### About this exercise
Show every line in the material below in which the string "ClassWord" appears.

### Available records

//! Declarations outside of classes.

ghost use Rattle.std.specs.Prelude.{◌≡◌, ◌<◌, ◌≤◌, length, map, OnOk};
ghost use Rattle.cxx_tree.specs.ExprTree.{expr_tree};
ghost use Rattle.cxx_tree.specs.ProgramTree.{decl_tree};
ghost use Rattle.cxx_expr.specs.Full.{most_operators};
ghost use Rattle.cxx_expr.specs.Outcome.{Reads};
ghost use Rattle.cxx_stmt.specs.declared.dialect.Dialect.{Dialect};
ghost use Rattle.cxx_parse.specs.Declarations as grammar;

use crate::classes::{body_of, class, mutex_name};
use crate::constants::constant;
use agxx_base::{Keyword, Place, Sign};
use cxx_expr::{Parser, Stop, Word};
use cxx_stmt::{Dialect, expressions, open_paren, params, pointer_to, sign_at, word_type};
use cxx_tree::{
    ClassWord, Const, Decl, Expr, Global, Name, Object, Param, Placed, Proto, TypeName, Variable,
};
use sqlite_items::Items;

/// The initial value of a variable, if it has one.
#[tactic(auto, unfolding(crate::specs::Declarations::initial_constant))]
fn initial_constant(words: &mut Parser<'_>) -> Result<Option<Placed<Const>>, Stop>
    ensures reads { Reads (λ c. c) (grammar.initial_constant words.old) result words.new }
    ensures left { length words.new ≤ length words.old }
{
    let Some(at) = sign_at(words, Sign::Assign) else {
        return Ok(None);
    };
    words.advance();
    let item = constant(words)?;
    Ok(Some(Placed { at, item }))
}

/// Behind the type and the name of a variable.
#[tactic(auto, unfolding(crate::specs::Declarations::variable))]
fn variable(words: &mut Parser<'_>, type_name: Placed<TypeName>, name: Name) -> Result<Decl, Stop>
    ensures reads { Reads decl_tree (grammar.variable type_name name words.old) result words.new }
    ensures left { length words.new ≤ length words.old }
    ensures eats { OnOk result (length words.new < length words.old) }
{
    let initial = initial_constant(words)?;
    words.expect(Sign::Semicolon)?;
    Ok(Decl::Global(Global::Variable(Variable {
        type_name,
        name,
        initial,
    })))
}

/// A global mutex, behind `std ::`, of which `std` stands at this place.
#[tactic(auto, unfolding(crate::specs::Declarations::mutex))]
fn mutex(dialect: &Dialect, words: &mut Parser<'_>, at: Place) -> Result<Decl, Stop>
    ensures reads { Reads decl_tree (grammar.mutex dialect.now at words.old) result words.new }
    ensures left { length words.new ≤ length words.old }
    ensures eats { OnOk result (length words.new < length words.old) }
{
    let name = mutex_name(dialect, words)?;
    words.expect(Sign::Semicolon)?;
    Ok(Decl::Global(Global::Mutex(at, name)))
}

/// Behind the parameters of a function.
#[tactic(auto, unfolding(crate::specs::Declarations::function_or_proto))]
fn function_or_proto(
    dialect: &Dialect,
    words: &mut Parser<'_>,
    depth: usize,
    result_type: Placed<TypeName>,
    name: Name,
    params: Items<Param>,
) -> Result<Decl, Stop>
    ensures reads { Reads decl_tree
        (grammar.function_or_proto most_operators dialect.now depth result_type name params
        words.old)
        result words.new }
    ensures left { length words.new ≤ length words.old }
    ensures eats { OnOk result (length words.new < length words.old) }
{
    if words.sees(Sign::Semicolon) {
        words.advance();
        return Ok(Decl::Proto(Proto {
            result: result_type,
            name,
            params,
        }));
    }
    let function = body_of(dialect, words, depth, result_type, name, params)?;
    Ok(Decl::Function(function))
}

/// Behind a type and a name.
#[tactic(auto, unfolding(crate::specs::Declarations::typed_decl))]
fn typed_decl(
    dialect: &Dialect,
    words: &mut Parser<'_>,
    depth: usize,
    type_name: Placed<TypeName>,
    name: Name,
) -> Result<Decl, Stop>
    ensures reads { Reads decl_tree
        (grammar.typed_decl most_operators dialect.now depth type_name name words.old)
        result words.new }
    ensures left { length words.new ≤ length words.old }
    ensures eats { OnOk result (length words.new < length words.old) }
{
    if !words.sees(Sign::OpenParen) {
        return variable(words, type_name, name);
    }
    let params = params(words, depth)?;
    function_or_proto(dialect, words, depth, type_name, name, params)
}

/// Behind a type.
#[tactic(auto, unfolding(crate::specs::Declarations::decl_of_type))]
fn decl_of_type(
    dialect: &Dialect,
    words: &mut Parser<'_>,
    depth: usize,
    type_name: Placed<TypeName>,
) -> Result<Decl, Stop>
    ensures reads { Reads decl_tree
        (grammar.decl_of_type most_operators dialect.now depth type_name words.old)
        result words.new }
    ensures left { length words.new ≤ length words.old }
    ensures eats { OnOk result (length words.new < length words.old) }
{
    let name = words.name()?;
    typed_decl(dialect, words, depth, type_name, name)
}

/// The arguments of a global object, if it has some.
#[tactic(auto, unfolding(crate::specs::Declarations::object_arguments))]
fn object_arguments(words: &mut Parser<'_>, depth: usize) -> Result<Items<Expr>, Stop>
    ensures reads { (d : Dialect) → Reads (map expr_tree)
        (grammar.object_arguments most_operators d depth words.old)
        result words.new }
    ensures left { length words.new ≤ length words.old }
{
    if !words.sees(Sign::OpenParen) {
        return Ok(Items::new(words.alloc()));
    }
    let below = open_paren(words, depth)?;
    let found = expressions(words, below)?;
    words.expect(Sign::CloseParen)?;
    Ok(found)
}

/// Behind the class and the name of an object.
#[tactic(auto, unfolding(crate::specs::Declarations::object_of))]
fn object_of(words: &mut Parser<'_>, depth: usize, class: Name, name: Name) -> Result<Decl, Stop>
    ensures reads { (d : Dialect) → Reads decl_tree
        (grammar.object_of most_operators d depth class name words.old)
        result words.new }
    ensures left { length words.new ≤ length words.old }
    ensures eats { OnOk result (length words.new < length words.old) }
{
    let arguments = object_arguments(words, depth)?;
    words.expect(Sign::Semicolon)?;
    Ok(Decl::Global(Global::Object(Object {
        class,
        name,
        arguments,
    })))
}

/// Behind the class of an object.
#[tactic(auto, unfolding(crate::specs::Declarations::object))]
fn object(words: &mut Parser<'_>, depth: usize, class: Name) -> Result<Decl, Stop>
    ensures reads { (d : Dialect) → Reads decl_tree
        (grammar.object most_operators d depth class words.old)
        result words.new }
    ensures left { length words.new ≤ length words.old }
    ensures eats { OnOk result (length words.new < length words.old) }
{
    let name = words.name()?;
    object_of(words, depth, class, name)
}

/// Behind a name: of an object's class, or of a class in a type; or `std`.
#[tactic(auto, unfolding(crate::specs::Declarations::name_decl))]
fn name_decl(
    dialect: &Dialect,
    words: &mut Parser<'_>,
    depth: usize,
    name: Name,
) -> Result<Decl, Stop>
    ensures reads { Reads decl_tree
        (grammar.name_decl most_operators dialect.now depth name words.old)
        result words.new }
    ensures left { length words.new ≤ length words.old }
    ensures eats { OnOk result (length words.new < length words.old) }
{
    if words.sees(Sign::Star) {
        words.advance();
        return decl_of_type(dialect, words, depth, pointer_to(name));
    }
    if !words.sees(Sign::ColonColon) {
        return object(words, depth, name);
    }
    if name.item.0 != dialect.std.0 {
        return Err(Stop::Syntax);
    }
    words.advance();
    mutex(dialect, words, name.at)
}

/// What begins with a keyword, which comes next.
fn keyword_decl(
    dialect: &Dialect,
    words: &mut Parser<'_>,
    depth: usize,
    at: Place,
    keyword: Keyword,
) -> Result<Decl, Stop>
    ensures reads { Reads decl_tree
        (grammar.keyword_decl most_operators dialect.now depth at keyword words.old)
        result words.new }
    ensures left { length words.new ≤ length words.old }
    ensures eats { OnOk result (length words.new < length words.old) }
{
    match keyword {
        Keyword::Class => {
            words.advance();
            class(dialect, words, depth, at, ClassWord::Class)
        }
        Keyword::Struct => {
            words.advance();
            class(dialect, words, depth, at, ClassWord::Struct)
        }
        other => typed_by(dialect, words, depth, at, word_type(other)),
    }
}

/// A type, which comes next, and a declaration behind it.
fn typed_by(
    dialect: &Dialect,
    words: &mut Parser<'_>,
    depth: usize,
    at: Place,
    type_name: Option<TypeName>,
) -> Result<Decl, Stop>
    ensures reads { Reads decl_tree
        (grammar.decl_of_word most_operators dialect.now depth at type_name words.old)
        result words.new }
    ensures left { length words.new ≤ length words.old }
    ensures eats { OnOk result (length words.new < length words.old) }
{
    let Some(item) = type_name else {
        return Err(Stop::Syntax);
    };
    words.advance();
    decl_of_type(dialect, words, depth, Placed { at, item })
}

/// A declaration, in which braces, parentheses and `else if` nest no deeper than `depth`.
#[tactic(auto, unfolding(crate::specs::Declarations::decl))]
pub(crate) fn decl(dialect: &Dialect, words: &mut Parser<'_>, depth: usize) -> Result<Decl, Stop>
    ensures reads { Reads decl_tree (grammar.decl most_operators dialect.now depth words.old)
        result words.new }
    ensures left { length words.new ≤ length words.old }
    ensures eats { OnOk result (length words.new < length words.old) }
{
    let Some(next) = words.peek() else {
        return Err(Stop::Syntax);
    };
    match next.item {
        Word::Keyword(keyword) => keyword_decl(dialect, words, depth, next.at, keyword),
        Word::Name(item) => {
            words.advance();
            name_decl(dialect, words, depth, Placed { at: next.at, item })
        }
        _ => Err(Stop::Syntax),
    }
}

### Solution
    ClassWord, Const, Decl, Expr, Global, Name, Object, Param, Placed, Proto, TypeName, Variable,
            class(dialect, words, depth, at, ClassWord::Class)
            class(dialect, words, depth, at, ClassWord::Struct)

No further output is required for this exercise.